### Records supplied:
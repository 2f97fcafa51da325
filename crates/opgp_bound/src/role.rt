//! What the packets on a key or a component are there for.

ghost use Rattle.std.specs.Prelude.{◌≡◌, Ok, is_ok, true};
ghost use Rattle.opgp_octets.specs.SignatureType.{signature_type_of};
ghost use Rattle.opgp_packet.specs.SigView.{sig_view_value};
ghost use Rattle.opgp_hash.specs.Asking.{ask_at_of};
ghost use Rattle.opgp_hash.specs.declared.site.Site.TheVariants.{Hung};
ghost use Rattle.opgp_hash.specs.Subject.{subject_value};
ghost use Rattle.opgp_hash.specs.SubjectValue.{is_within};
ghost use Rattle.opgp_valid.specs.KnownKeys.{knowns};
ghost use Rattle.opgp_valid.specs.Told.{is_print};
ghost use Rattle.opgp_bound.specs.Role.{is_own_and_good, is_self_type, kind_in, role_by, role_read};

use crate::own::is_named_by;
use opgp_hash::{Fingerprint, Site, Subject, ask_at};
use opgp_octets::SignatureType;
use opgp_packet::SigView;
use opgp_report::{KeyIndex, Verdict};
use opgp_valid::{Known, KnownKeys};

/// What a packet on a key or a component is there for.
#[derive(Clone, Copy, Debug, PartialEq, Eq)]
pub enum Role {
    /// It certifies or binds what it is on, and names the primary key as its issuer.
    SelfSignature {
        /// Whether the verdict on it is good over what it follows, and the primary key made it.
        is_genuine: bool,
    },
    /// It revokes the primary key (RFC 9580, 5.2.1.11).
    KeyRevocation,
    /// It is something else: another signature, or a filler.
    Other,
}

/// The keys of a keyring, those of them that made its good revocations, and the fingerprint of a
/// certificate's primary key.
#[derive(Clone, Copy)]
pub(crate) struct Context<'k> {
    pub(crate) known: &'k KnownKeys,
    pub(crate) issuers: &'k KeyIndex,
    pub(crate) primary: Fingerprint,
}

/// Whether signatures of this type are self-signatures, if the primary key made them (RFC 9580,
/// 5.2.1.4 to 5.2.1.8, 5.2.1.10).
fn is_self_type(kind: SignatureType) -> bool
    ensures { result ≡ is_self_type kind }
{
    matches!(
        kind,
        SignatureType::GenericCertification
            | SignatureType::PersonaCertification
            | SignatureType::CasualCertification
            | SignatureType::PositiveCertification
            | SignatureType::SubkeyBinding
            | SignatureType::DirectKey
    )
}

/// The type of a signature (RFC 9580, 5.2.1).
pub(crate) fn kind_in(signature: SigView<'_>) -> Option<u8>
    ensures { result ≡ kind_in (sig_view_value signature.entry) }
{
    match signature {
        SigView::Three(view) => Some(view.kind()),
        SigView::Four(view) => Some(view.kind()),
        SigView::Six(view) => Some(view.kind()),
        SigView::Other(_) => None,
    }
}

/// Whether a key is the one of this fingerprint.
fn is_print(print: Fingerprint, key: Option<Known>) -> bool
    ensures { result ≡ is_print print key }
{
    match key {
        Some(known) => {
            known.print.version() == print.version() && known.print.octets() == print.octets()
        }
        None => false,
    }
}

/// Whether a signature is hashed over this subject (RFC 9580, 5.2.1, 5.2.4).
fn is_hashed(signature: SigView<'_>, subject: Subject<'_>) -> bool
    requires { is_within (subject_value subject) ≡ true }
    ensures { result
        ≡ is_ok (ask_at_of Hung (sig_view_value signature.entry) (subject_value subject.entry)) }
{
    ask_at(Site::Hung, signature, subject).is_ok()
}

impl Context<'_> {
    /// Whether a verdict is good over what a signature follows, and the primary key made it.
    fn is_own_and_good(&self, subject: Subject<'_>, found: Verdict, signature: SigView<'_>) -> bool
        requires { is_within (subject_value subject) ≡ true }
        ensures { result ≡ is_own_and_good (knowns self.now.known.now) self.now.primary
            (subject_value subject.entry) found (sig_view_value signature.entry) }
    {
        matches!(found, Verdict::Good)
            && is_hashed(signature, subject)
            && is_print(self.primary, self.known.issuer(signature))
    }

    /// What a signature of this type is there for.
    fn role_by(
        &self,
        subject: Subject<'_>,
        found: Verdict,
        signature: SigView<'_>,
        kind: SignatureType,
    ) -> Role
        requires { is_within (subject_value subject) ≡ true }
        ensures { result ≡ role_by (knowns self.now.known.now) self.now.primary
            (subject_value subject.entry) found (sig_view_value signature.entry) kind }
    {
        if is_self_type(kind) && is_named_by(self.primary, signature) {
            Role::SelfSignature {
                is_genuine: self.is_own_and_good(subject, found, signature),
            }
        } else if matches!(kind, SignatureType::KeyRevocation) {
            Role::KeyRevocation
        } else {
            Role::Other
        }
    }

    /// What a signature on a subject is there for, by the verdict on it.
    pub(crate) fn role_of(
        &self,
        subject: Subject<'_>,
        found: Verdict,
        signature: SigView<'_>,
    ) -> Role
        requires { is_within (subject_value subject) ≡ true }
        ensures { result ≡ role_read (knowns self.now.known.now) self.now.primary
            (subject_value subject.entry) found (Ok (sig_view_value signature.entry)) }
    {
        match kind_in(signature) {
            Some(kind) => self.role_by(subject, found, signature, SignatureType::from(kind)),
            None => Role::Other,
        }
    }
}
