//! What the command `write` asks for.

ghost use Rattle.std.specs.Prelude.{◌≡◌, ℕ, List, IfNone, IfOk, IfSome, Option, codes, map};
ghost use Rattle.std.specs.Prelude.{option_map};
ghost use Rattle.std.specs.List.{AllZip};
ghost use Rattle.clap.specs.Words.{Text, found_of, rows_of};
ghost use Rattle.opgp_codec.specs.declared.mode.Mode.{Mode};
ghost use Rattle.opgp_octets.specs.declared.limits.Limits.{Limits};
ghost use Rattle.opgp_tool.specs.Words.{AreNewest, AreVerdicts, Chosen, HasNumbers, IsNumber};
ghost use Rattle.opgp_tool.specs.Words.{IsWrite, Writes, WritesBound, chosen_said};

use crate::task::{is_given, limits_of, mode_of, out_of, word_of};
use clap::ArgMatches;
use opgp_octets::{Limits, OutOfMemory};
use opgp_stack::{Action, BoundTask, Choice, Mode, Out, Task, time_in};
use std::alloc::Global;

/// Which parts of the certificates on standard input are written, and how.
#[derive(Drop)]
pub struct WriteTask<'a> {
    /// How the keyring is read.
    pub mode: Mode,
    /// The limits of what is read.
    pub limits: Limits,
    /// How it is written.
    pub out: Out,
    /// Whether only the signatures that name the primary key as their issuer stay.
    pub own_signatures: bool,
    /// Whether user attributes go.
    pub no_attributes: bool,
    /// The numbers of the user IDs that stay; none: all of them.
    pub user_ids: Vec<u64>,
    /// The name of the file of verdicts by which only bound parts stay; None: all of them.
    pub verdicts: Option<&'a str>,
    /// The time, in seconds since 1970, at which newer self-signatures replace others of what is
    /// bound; None: all of them stay.
    pub newest_at: Option<u64>,
}

impl WriteTask<'_> {
    /// The choice.
    fn choice(&self) -> Choice<'_>
        ensures own_signatures { result.own_signatures ≡ (chosen_said self.now).own_signatures }
        ensures no_attributes { result.no_attributes ≡ (chosen_said self.now).no_attributes }
        ensures user_ids { result.user_ids.now ≡ (chosen_said self.now).user_ids }
    {
        Choice {
            own_signatures: self.own_signatures,
            no_attributes: self.no_attributes,
            user_ids: self.user_ids.as_slice(),
        }
    }

    /// The task on the parts that are bound.
    pub fn bound_task(&self) -> BoundTask<'_>
        ensures mode { result.mode ≡ self.now.mode }
        ensures limits { result.limits ≡ self.now.limits }
        ensures parts { WritesBound (chosen_said self.now) result }
    {
        BoundTask {
            mode: self.mode,
            limits: self.limits,
            out: self.out,
            choice: self.choice(),
            newest_at: self.newest_at,
        }
    }

    /// The task on all parts, whether they are bound or not.
    pub fn task(&self) -> Task<'_>
        ensures mode { result.mode ≡ self.now.mode }
        ensures limits { result.limits ≡ self.now.limits }
        ensures action { Writes (chosen_said self.now) result.action }
    {
        let choice = self.choice();
        let out = self.out;
        let action = if choice.is_everything() {
            Action::Write { out }
        } else {
            Action::WriteChosen { out, choice }
        };
        Task {
            mode: self.mode,
            limits: self.limits,
            action,
        }
    }
}

/// The numbers that texts are, if each is one. Fails only when out of memory.
fn numbers_of(alloc: Global, texts: &[&str]) -> Result<Option<Vec<u64>>, OutOfMemory>
    ensures some { IfOk result (λ found. IfSome found (λ numbers.
        AllZip IsNumber (map (λ text. text.now) texts.now) numbers.items)) }
    ensures none { IfOk result (λ found. IfNone found ((numbers : List ℕ)
        → AllZip IsNumber (map (λ text. text.now) texts.now) numbers → ⊥)) }
{
    let mut numbers = Vec::new(alloc);
    for text in texts {
        match text.parse::<u64>() {
            Ok(number) => numbers.push(number)?,
            Err(_) => return Ok(None),
        }
    }
    Ok(Some(numbers))
}

/// The numbers that `--user-id` gives, if each of its texts is one. Fails only when out of memory.
fn user_ids_of(alloc: Global, matches: &ArgMatches) -> Result<Option<Vec<u64>>, OutOfMemory>
    ensures some { IfOk result (λ found. IfSome found (λ numbers.
        HasNumbers (rows_of (found_of matches.now)) (codes "user-id") numbers.items)) }
    ensures none { IfOk result (λ found. IfNone found ((numbers : List ℕ)
        → HasNumbers (rows_of (found_of matches.now)) (codes "user-id") numbers → ⊥)) }
{
    match matches.get_strs("user-id") {
        Some(texts) => numbers_of(alloc, texts),
        None => Ok(Some(Vec::new(alloc))),
    }
}

/// The name of the file of verdicts by which only bound parts stay, if `--bound` is given. The
/// outer None means that one of `--bound` and `--verdicts` is given without the other, or
/// `--user-id` beside them.
fn verdicts_of<'a>(matches: &ArgMatches<'a>) -> Option<Option<&'a str>>
    ensures some { IfSome result (λ file. AreVerdicts (rows_of (found_of matches.now))
        (option_map (λ word. word.now) file)) }
    ensures none { IfNone result ((file : Option Text)
        → AreVerdicts (rows_of (found_of matches.now)) file → ⊥) }
{
    let bound = is_given(matches, "bound");
    match word_of(matches, "verdicts") {
        None if bound => None,
        None => Some(None),
        Some(file) if bound && word_of(matches, "user-id").is_none() => Some(Some(file)),
        Some(_) => None,
    }
}

/// The time of `--newest`, if it is given. The outer None means that one of `--newest` and `--at` is
/// given without the other, that `--at` says no time, or that `--bound` isn't given beside them.
fn newest_of(matches: &ArgMatches) -> Option<Option<u64>>
    ensures some { IfSome result (AreNewest (rows_of (found_of matches.now))) }
    ensures none { IfNone result ((at : Option ℕ)
        → AreNewest (rows_of (found_of matches.now)) at → ⊥) }
{
    let newest = is_given(matches, "newest");
    match word_of(matches, "at") {
        None if newest => None,
        None => Some(None),
        Some(text) if newest && is_given(matches, "bound") => match time_in(text) {
            Some(at) => Some(Some(at)),
            None => None,
        },
        Some(_) => None,
    }
}

/// What `write` with these options writes. Fails only when out of memory.
pub(crate) fn write_from<'a>(
    alloc: Global,
    matches: &ArgMatches<'a>,
) -> Result<Option<WriteTask<'a>>, OutOfMemory>
    ensures some { IfOk result (λ found. IfSome found (λ task.
        IsWrite (codes "write") (rows_of (found_of matches.now)) task.mode task.limits
        (chosen_said task))) }
    ensures none { IfOk result (λ found. IfNone found ((mode : Mode) (limits : Limits)
        (chosen : Chosen) → IsWrite (codes "write") (rows_of (found_of matches.now)) mode limits
        chosen → ⊥)) }
{
    let limits = match limits_of(matches) {
        Some(limits) => limits,
        None => return Ok(None),
    };
    let verdicts = match verdicts_of(matches) {
        Some(verdicts) => verdicts,
        None => return Ok(None),
    };
    let newest_at = match newest_of(matches) {
        Some(newest_at) => newest_at,
        None => return Ok(None),
    };
    match user_ids_of(alloc, matches)? {
        Some(user_ids) => Ok(Some(WriteTask {
            mode: mode_of(matches),
            limits,
            out: out_of(matches),
            own_signatures: is_given(matches, "own-signatures"),
            no_attributes: is_given(matches, "no-attributes"),
            user_ids,
            verdicts,
            newest_at,
        })),
        None => Ok(None),
    }
}
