//! Tests of taking a class file apart, and of each fault with its place.

use crate::class_one::{CODE, one};
use class_walk::{
    Constant, RawAttribute, RawClass, RawMember, WalkFault, WalkRefusal, code_content, walk,
};
use std::alloc::Global;
use std::test::Fail;

/// What is answered for bytes: whether they are a class, or a fault and its number.
fn answer(alloc: Global, bytes: &[u8]) -> (&'static str, u32) {
    match walk(alloc, bytes) {
        Ok(_) => ("class", 0),
        Err(WalkRefusal::NoMemory) => ("no memory", 0),
        Err(WalkRefusal::Fault(fault)) => match fault {
            WalkFault::TooLong => ("too long", 0),
            WalkFault::Truncated(length) => ("truncated", length),
            WalkFault::Magic => ("magic", 0),
            WalkFault::Version => ("version", 0),
            WalkFault::PoolTag(index) => ("tag", u32::from(index)),
            WalkFault::Trailing(place) => ("trailing", place),
        },
    }
}

type Case = (&'static [u8], &'static str, u32);

/// The last four are small classes of version 50.
static CASES: [Case; 7] = [
    (b"code", "magic", 0),
    (b"\xca\xfe\xba\xbe\0\0\0\x31", "version", 0),
    (b"\xca\xfe\xba\xbe\0\0\0\x35", "version", 0),
    (
        b"\xca\xfe\xba\xbe\0\x03\0\x32\0\0\0\x20\0\x01\0\x02\0\0\0\0\0\0\0\0",
        "tag",
        0,
    ),
    (
        b"\xca\xfe\xba\xbe\0\x03\0\x32\0\x04\x07\0\x02\x01\0\0\x11\0\x20\0\x01\0\x02\0\0\0\0\0\0\0\0",
        "tag",
        3,
    ),
    (
        b"\xca\xfe\xba\xbe\0\x03\0\x32\0\x01\0\x20\0\x01\0\x02\0\0\0\0\0\0\0\0",
        "class",
        0,
    ),
    (
        b"\xca\xfe\xba\xbe\0\x03\0\x32\0\x01\0\x20\0\x01\0\x02\0\0\0\0\0\0\0\0\0",
        "trailing",
        24,
    ),
];

#[test]
fn each_fault_comes_where_its_bytes_are(rt: HostRuntime) -> Result<(), Fail> {
    for (bytes, what, number) in CASES {
        assert!(rt; answer(rt.alloc(), bytes) == (what, number));
    }
    let zeros = vec![in rt.alloc(); 0u8; 1_048_577]?;
    assert!(rt; answer(rt.alloc(), &zeros).0 == "too long");
    assert!(rt; answer(rt.alloc(), &zeros[1..]).0 == "magic");
    Ok(())
}

#[test]
fn a_cut_class_file_is_truncated_at_its_length(rt: HostRuntime) -> Result<(), Fail> {
    let bytes = one(rt.alloc())?;
    for length in 0..244u32 {
        let cut = bytes
            .get(..length as usize)
            .ok_or("the class has 244 bytes")?;
        assert!(rt; answer(rt.alloc(), cut) == ("truncated", length));
    }
    assert!(rt; answer(rt.alloc(), &bytes).0 == "class");
    Ok(())
}

fn has_header(class: &RawClass) -> bool {
    class.minor == 0
        && class.major == 52
        && class.flags == 0x21
        && class.this_class == 2
        && class.super_class == 4
        && class.interfaces.is_empty()
        && class.fields.is_empty()
        && class.attributes.is_empty()
}

fn has_constants(pool: &[Constant]) -> bool {
    pool.len() == 20
        && matches!(pool.first(), Some(Constant::Gap))
        && matches!(pool.get(2), Some(Constant::Class(1)))
        && matches!(pool.get(12), Some(Constant::Pair(10, 11)))
        && matches!(pool.get(13), Some(Constant::Field(9, 12)))
        && matches!(pool.get(19), Some(Constant::Method(15, 18)))
}

fn is_text(constant: Option<&Constant>, wanted: &[u8]) -> bool {
    match constant {
        Some(Constant::Utf8(text)) => text.as_slice() == wanted,
        _ => false,
    }
}

fn is_code(alloc: Global, attribute: &RawAttribute) -> bool {
    match code_content(alloc, attribute.content.as_slice()) {
        Ok(code) => {
            attribute.at == 214
                && attribute.name == 7
                && code.max_stack == 3
                && code.max_locals == 1
                && code.bytes.as_slice() == CODE
                && code.handlers.is_empty()
                && code.attributes.is_empty()
        }
        Err(_) => false,
    }
}

fn is_main(alloc: Global, method: &RawMember) -> bool {
    method.at == 206
        && method.flags == 9
        && method.name == 5
        && method.descriptor == 6
        && match method.attributes.as_slice() {
            [attribute] => is_code(alloc, attribute),
            _ => false,
        }
}

#[test]
fn a_class_file_is_taken_apart(rt: HostRuntime) -> Result<(), Fail> {
    let bytes = one(rt.alloc())?;
    let class = walk(rt.alloc(), &bytes).ok().ok_or("the file is a class")?;
    assert!(rt; has_header(&class));
    assert!(rt; has_constants(class.pool.as_slice()));
    assert!(rt; is_text(class.pool.get(16), b"println"));
    assert!(rt; class.methods.len() == 1);
    let method = class.methods.get(0).ok_or("there is a method")?;
    assert!(rt; is_main(rt.alloc(), method));
    Ok(())
}

/// A class of version 50 with a long, an int and a double.
static NUMBERS: &[u8] = b"\xca\xfe\xba\xbe\0\x03\0\x32\0\x05\
    \x05\xff\xff\xff\xff\xff\xff\xff\xfe\x03\x80\0\0\0\x06\x3f\xf0\0\0\0\0\0\0\
    \0\x20\0\x01\0\x02\0\0\0\0\0\0\0\0";

#[test]
fn a_long_takes_two_indices_but_at_the_end(rt: HostRuntime) -> Result<(), Fail> {
    let class = walk(rt.alloc(), NUMBERS).ok().ok_or("the file is a class")?;
    assert!(rt; class.minor == 3 && class.pool.len() == 5);
    let pool = class.pool.as_slice();
    assert!(rt; matches!(pool.get(1), Some(Constant::Long(-2))));
    assert!(rt; matches!(pool.get(2), Some(Constant::Gap)));
    assert!(rt; matches!(pool.get(3), Some(Constant::Integer(i32::MIN))));
    assert!(rt; matches!(pool.get(4), Some(Constant::Double(0x3ff0_0000_0000_0000))));
    assert!(rt; pool[1].is_wide() && pool[4].is_wide() && !pool[3].is_wide());
    Ok(())
}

### What is being asked:
Copy each line of the listing that contains the string "ArgMatches".

### Task answer:
use clap::ArgMatches;
fn user_ids_of(alloc: Global, matches: &ArgMatches) -> Result<Option<Vec<u64>>, OutOfMemory>
fn verdicts_of<'a>(matches: &ArgMatches<'a>) -> Option<Option<&'a str>>
fn newest_of(matches: &ArgMatches) -> Option<Option<u64>>
    matches: &ArgMatches<'a>,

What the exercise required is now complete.